### Problem requirements
Retype, word for word, each line between the lines holding "fn greater(greatest: Option<Window>, stream: &Stream)" and "fn larger_of(a: Window, b: Window) -> Window", inclusive, and leave the rest of the data alone.

Dataset extract: Begin

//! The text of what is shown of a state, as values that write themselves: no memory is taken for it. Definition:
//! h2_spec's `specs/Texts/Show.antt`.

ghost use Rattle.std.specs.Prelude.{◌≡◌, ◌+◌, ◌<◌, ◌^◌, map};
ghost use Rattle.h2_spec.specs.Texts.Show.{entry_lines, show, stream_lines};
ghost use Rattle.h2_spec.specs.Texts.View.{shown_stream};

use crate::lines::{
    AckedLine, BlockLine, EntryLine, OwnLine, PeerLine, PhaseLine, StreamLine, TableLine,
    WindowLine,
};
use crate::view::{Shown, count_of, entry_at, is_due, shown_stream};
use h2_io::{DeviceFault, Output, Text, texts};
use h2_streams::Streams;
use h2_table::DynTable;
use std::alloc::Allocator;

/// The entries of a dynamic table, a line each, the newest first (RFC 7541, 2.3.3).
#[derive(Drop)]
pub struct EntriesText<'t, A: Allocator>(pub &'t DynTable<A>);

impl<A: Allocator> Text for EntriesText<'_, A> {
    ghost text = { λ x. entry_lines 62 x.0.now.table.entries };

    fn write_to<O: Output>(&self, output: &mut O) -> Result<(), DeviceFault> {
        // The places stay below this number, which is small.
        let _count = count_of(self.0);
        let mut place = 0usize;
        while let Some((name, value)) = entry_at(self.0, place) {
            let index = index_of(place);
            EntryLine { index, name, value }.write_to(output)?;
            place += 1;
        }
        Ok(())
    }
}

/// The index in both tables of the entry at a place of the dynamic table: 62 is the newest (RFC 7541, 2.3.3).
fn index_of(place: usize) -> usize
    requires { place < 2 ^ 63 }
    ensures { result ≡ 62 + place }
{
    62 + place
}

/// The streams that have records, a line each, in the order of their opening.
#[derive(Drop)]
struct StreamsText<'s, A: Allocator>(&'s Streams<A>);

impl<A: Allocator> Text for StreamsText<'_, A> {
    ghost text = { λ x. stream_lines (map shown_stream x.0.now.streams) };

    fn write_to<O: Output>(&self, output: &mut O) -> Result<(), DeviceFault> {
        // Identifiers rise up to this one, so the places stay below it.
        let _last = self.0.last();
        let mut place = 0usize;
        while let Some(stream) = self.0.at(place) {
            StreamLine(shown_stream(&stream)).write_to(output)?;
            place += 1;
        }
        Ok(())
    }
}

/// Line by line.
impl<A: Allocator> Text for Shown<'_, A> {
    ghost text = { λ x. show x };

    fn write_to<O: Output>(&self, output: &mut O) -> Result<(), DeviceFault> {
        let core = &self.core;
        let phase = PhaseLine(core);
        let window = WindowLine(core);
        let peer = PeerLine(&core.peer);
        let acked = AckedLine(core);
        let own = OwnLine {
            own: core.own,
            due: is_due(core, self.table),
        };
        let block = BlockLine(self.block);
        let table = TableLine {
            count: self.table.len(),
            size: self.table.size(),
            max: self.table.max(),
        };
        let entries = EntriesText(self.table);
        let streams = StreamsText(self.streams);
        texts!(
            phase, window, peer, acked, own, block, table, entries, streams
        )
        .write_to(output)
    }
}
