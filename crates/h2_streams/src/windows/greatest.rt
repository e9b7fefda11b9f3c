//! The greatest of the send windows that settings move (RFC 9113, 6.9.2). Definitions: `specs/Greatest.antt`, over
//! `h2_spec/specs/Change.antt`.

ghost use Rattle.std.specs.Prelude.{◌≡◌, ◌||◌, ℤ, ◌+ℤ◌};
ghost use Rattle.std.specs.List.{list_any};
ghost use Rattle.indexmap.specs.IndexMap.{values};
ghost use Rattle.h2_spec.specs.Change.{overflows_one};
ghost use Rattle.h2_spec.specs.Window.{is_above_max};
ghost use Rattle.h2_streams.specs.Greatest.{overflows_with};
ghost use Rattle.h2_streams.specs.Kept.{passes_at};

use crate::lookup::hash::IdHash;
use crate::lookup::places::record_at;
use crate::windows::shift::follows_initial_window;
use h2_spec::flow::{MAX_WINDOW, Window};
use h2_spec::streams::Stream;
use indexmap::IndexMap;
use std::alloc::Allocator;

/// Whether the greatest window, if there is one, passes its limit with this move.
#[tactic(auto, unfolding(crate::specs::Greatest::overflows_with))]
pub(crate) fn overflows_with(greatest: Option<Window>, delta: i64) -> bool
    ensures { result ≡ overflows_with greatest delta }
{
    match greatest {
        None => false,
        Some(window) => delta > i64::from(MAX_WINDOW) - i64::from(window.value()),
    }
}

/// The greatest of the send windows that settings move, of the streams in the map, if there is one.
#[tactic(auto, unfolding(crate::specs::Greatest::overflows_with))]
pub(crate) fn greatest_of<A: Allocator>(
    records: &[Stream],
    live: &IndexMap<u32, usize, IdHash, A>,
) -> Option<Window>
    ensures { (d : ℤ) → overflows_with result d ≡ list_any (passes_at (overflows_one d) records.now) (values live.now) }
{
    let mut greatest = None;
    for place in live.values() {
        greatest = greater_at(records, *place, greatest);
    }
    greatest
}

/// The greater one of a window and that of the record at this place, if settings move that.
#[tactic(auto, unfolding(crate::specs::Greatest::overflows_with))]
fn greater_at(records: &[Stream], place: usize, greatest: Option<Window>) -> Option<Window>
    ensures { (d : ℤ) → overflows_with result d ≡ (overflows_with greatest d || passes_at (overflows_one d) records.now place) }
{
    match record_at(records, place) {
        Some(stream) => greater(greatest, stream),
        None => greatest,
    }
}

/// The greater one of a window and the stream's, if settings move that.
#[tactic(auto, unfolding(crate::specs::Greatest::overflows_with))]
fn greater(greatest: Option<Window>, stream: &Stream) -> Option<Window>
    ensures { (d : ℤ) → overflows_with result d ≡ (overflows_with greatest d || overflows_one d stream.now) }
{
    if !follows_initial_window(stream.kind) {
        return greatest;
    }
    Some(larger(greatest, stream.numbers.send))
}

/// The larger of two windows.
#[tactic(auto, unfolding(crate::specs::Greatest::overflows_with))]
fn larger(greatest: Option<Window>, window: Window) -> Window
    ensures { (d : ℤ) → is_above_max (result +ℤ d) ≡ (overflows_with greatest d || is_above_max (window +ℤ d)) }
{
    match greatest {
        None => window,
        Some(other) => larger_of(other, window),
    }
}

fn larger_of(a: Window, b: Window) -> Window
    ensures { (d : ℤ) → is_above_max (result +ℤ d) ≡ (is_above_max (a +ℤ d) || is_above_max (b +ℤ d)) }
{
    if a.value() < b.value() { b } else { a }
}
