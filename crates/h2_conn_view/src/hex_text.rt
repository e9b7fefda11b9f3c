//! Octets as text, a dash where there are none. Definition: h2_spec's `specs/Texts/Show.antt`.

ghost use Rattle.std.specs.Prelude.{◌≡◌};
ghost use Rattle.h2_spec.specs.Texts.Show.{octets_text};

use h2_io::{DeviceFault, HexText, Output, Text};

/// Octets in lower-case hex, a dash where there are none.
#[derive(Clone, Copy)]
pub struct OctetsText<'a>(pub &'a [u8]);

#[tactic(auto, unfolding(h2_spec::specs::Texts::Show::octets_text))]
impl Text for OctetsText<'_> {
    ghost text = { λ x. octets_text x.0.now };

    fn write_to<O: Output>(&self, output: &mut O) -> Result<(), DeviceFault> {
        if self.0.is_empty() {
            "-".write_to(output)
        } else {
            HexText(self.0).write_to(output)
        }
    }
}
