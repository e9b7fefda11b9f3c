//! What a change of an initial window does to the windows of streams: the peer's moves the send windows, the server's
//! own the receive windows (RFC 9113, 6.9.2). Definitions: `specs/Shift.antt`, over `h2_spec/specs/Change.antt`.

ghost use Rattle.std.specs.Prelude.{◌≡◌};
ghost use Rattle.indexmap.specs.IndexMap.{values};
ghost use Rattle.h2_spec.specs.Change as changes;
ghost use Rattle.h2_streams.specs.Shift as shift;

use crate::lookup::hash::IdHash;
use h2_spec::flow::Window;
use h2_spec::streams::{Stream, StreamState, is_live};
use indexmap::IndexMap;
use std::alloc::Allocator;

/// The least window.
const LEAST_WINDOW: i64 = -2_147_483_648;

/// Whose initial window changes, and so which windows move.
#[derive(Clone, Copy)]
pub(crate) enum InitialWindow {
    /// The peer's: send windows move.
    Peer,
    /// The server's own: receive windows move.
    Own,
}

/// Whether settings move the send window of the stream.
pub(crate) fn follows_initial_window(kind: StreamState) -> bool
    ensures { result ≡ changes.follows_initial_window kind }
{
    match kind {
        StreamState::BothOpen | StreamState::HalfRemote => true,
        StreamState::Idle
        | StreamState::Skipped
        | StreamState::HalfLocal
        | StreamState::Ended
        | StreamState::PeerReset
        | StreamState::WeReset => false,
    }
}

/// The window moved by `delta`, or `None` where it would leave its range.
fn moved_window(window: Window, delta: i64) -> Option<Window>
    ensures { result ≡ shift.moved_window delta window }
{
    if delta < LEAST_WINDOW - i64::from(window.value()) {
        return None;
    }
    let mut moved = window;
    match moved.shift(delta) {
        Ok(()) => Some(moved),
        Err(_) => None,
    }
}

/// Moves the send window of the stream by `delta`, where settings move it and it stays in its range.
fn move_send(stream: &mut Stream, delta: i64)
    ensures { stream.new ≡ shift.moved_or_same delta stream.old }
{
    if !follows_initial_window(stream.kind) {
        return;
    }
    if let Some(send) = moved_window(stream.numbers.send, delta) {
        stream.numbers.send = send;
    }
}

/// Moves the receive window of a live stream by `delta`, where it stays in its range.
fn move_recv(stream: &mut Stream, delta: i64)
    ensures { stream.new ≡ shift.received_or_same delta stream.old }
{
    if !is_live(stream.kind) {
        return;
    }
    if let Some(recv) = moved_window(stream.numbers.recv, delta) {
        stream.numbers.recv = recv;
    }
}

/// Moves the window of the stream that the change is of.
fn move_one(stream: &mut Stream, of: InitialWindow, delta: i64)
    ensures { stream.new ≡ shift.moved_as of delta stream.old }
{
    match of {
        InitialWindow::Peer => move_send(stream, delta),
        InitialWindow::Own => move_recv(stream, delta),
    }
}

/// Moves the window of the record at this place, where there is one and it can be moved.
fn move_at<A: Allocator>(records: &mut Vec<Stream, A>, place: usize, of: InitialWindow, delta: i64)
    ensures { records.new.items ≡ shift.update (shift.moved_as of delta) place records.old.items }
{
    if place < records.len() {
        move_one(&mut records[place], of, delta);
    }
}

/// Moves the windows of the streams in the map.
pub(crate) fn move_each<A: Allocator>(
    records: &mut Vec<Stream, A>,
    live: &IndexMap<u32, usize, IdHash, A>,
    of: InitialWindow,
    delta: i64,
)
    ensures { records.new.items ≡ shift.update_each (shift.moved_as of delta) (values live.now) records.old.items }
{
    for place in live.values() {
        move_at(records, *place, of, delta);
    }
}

Dataset extract: End

### Result
fn greater(greatest: Option<Window>, stream: &Stream) -> Option<Window>
    ensures { (d : ℤ) → overflows_with result d ≡ (overflows_with greatest d || overflows_one d stream.now) }
{
    if !follows_initial_window(stream.kind) {
        return greatest;
    }
    Some(larger(greatest, stream.numbers.send))
}

/// The larger of two windows.
#[tactic(auto, unfolding(crate::specs::Greatest::overflows_with))]
fn larger(greatest: Option<Window>, window: Window) -> Window
    ensures { (d : ℤ) → is_above_max (result +ℤ d) ≡ (overflows_with greatest d || is_above_max (window +ℤ d)) }
{
    match greatest {
        None => window,
        Some(other) => larger_of(other, window),
    }
}

fn larger_of(a: Window, b: Window) -> Window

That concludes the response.